Like the biblical idea of a debt jubliee.
Even if the government simply printed money you would still need taxes to remove excessive amounts of money and if the government did that then they would have to do one other thing – they would have to ban charging or paying interest. I do think that the general idea could work though. The government pays, with printed money, for the services and infrastructure needed to maintain and improve the community (would include a bank, telecommunications, factories, ie, the big stuff that an individual can’t afford). That money would then filter out through private services (the small stuff that an individual can afford) to the wider populace some of which would return through taxes. You probably wouldn’t need, or want, income taxes though.
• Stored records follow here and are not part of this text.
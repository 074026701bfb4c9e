// Tests of a node that threads share: what their seats are told, what is left of it, and the traces
// of that; and of the channel between two threads. Nothing else stands here.
#![tactic(auto)]

#[cfg(test)]
mod calls;
#[cfg(test)]
mod cuts;
#[cfg(test)]
mod ends;
#[cfg(test)]
mod full;
#[cfg(test)]
mod histories;
#[cfg(test)]
mod link;
#[cfg(test)]
mod memory;
#[cfg(test)]
mod seats;
#[cfg(test)]
mod sites;
#[cfg(test)]
mod threads;
#[cfg(test)]
mod waits;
As for the jubilee idea – as I said when the GFC hit that the best thing the governments of the world could have done was forgive all debt. Instead, they bailed out the big banks and failed the small people by making even more debt.
forget 200k +, start a new 50% tax bracket at $100k then perhaps those earning it might begin to consider if the job they are paid for is really worth doing for only half the money?
but let’s face the truth and admit they would only find new creative ways to funnel the income so they get it all anyway
and yes i am that cynical these days,
a four year old could tell you the system is complicit and corrupt
Agreed, the system is complicit and corrupt. It was, after all, designed by the capitalists to benefit capitalists and it’s only the capitalists that get to funnel the money in interesting ways so that they pay minimal tax. Workers certainly don’t get to claim tax deductions on their expenses of going to work. I suspect you’ll find that there are very few jobs that pay $200k+ per year either.
And then you’re making the basic mistake of thinking that the 50% would apply to the whole income. If the new tax bracket was set at $200k then anyone earning $200k wouldn’t pay a cent extra in tax.